The impending budget announcement is the “big unknown” according to the Australian National University Centre for Applied Macroeconomic Analysis (CAMA) RBA shadow board.
“[The budget] will likely include a housing package, yet big reforms such as changes to negative gearing and capital gains tax concessions are off the table,” the CAMA RBA shadow board said.
“The government’s announcement to fast-track last year’s $50 billion infrastructure plan will generate a sizeable fiscal stimulus.”
AMP Capital chief economist Shane Oliver said that while Australian inflation had reached the RBA’s target level, other metrics did not yet support a rate hike.

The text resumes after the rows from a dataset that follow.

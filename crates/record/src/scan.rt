// The reader's automaton: what may come after the entries read so far.
ghost use Rattle.std.specs.Prelude.{◌≡◌, ◌≤◌, ◌<◌};
ghost use Rattle.record.specs.Scan.{bulk_start, control_start, bulk_next, control_next, feed_setup, feed_out, starts_out};
ghost use Rattle.record.specs.Place.{may_end, feed_failed, run_on, lost};

use crate::look::OutHead;

// Between items; after a SETUP of a wLength; in a bulk group or in a control's: the next packet's PID, the packet size, and the bytes so far.
#[derive(Clone, Copy)]
pub enum Scan {
    Between,
    AfterSetup {
        address: u8,
        length: u16,
    },
    InBulk {
        address: u8,
        endpoint: u8,
        pid: bool,
        size: u8,
        sent: u16,
    },
    InControl {
        address: u8,
        length: u16,
        pid: bool,
        size: u8,
        sent: u16,
    },
}

// The first packet of a bulk group. Bulk and control groups differ in what they ask of a packet, not in a type or a number.
fn bulk_start(x: OutHead) -> Option<Scan>
    ensures { result ≡ bulk_start x.address x.endpoint x.pid x.last x.length }
{
    if x.last {
        return (1 <= x.endpoint).then_some(Scan::Between);
    }
    (1 <= x.endpoint && 1 <= x.length).then_some(Scan::InBulk {
        address: x.address,
        endpoint: x.endpoint,
        pid: !x.pid,
        size: x.length,
        sent: x.length as u16,
    })
}

// The first packet on endpoint 0 after a SETUP.
fn control_start(address: u8, length: u16, x: OutHead) -> Option<Scan>
    ensures { result ≡ control_start address length x.address x.pid x.last x.length }
{
    let n = x.length as u16;
    if x.last {
        return (x.address == address && x.pid && (n == 0 || n == length)).then_some(Scan::Between);
    }
    (x.address == address && x.pid && 1 <= n && n < length).then_some(Scan::InControl {
        address,
        length,
        pid: false,
        size: x.length,
        sent: n,
    })
}

// A further packet of a bulk group, whose numbers come one by one, as the definition `bulk_next` takes them; so below.
fn bulk_next(address: u8, endpoint: u8, pid: bool, size: u8, sent: u16, x: OutHead) -> Option<Scan>
    ensures { result ≡ bulk_next address endpoint pid size sent x.address x.endpoint x.pid x.last x.length }
{
    let sum = sent as u32 + x.length as u32;
    let in_limit = sum <= 65535;
    let next = x.address == address && x.endpoint == endpoint && x.pid == pid;
    if x.last {
        return (next && x.length <= size && in_limit).then_some(Scan::Between);
    }
    if next && x.length == size && in_limit {
        Some(Scan::InBulk {
            address,
            endpoint,
            pid: !pid,
            size,
            sent: sum as u16,
        })
    } else {
        None
    }
}

// A further packet of a control's group.
fn control_next(
    address: u8,
    length: u16,
    pid: bool,
    size: u8,
    sent: u16,
    x: OutHead,
) -> Option<Scan>
    ensures { result ≡ control_next address length pid size sent x.address x.endpoint x.pid x.last x.length }
{
    let sum = sent as u32 + x.length as u32;
    let whole = length as u32;
    let next = x.address == address && x.endpoint == 0 && x.pid == pid;
    if x.last {
        return (next && 1 <= x.length && x.length <= size && sum == whole).then_some(Scan::Between);
    }
    if next && x.length == size && sum < whole {
        Some(Scan::InControl {
            address,
            length,
            pid: !pid,
            size,
            sent: sum as u16,
        })
    } else {
        None
    }
}

pub(crate) fn may_end(s: Scan) -> bool
    ensures { result ≡ may_end s }
{
    matches!(s, Scan::Between | Scan::AfterSetup { .. })
}

// A SETUP entry.
pub(crate) fn feed_setup(s: Scan, address: u8, length: u16) -> Option<Scan>
    ensures { result ≡ feed_setup s address length }
{
    may_end(s).then_some(Scan::AfterSetup { address, length })
}

// An OUT entry.
pub(crate) fn feed_out(s: Scan, x: OutHead) -> Option<Scan>
    ensures { result ≡ feed_out s x.address x.endpoint x.pid x.last x.length }
{
    match s {
        Scan::AfterSetup { address, length } if x.endpoint == 0 => {
            control_start(address, length, x)
        }
        Scan::Between | Scan::AfterSetup { .. } => bulk_start(x),
        Scan::InBulk {
            address,
            endpoint,
            pid,
            size,
            sent,
        } => { bulk_next(address, endpoint, pid, size, sent, x) }
        Scan::InControl {
            address,
            length,
            pid,
            size,
            sent,
        } => { control_next(address, length, pid, size, sent, x) }
    }
}

// How many items begin at an OUT entry, 1 or none: a number, since it is added to their count.
pub(crate) fn starts_out(s: Scan, endpoint: u8) -> usize
    ensures { (result ≡ starts_out s endpoint) × (result ≤ 1) }
{
    match s {
        Scan::AfterSetup { .. } if endpoint == 0 => 0,
        Scan::Between | Scan::AfterSetup { .. } => 1,
        Scan::InBulk { .. } | Scan::InControl { .. } => 0,
    }
}

// A count of m, where the last item has `run` entries.
pub(crate) fn feed_failed(s: Scan, run: usize, m: usize) -> Option<Scan>
    ensures { result ≡ feed_failed s run m }
{
    (m == run || (m == 0 && may_end(s))).then_some(Scan::Between)
}

// The entries of the last item after an entry that begins an item (1) or goes on (0).
pub(crate) fn run_on(starts: usize, run: usize) -> usize
    requires { run < 0xFFFF_FFFF_FFFF_FFFF }
    ensures { result ≡ run_on starts run }
{
    if starts == 0 { run + 1 } else { 1 }
}

// The items that are left after a count of m.
pub(crate) fn kept_items(m: usize, k: usize) -> usize
    ensures { result ≡ lost m k }
{
    if m == 0 { k } else { k.saturating_sub(1) }
}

“The rise in headline inflation to back within the RBA’s 2-3 per cent target zone has reduced the pressure to cut rates again at a time when the RBA would rather not cut anyway given worries about the Sydney and Melbourne property markets,” he said.
“But continuing low underlying inflation pressure at a time of very high underemployment, record low wages growth and a still too high Australian dollar means that its way too early to be thinking about raising rates. Our base case remains that the RBA will be on hold out to the second half of 2018 when rates will start to rise.”
Additionally, as noted by the CAMA RBA shadow board, policy makers and economists remain “on edge” over a number of geopolitical trends.
“International news is dominated by electoral uncertainty and geostrategic posturing. In particular, the sabre-rattling by the leaders of North Korea and US are cause for concern. An intensification of this conflict will likely unsettle global financial markets, with implications for the Australian market also,” the CAMA RBA shadow board said.
The RBA’s decision was in line with the ASX 30 Day Interbank Cash Rate Futures’ expectations, which had priced in a 98 per cent chance of no change on 1 May.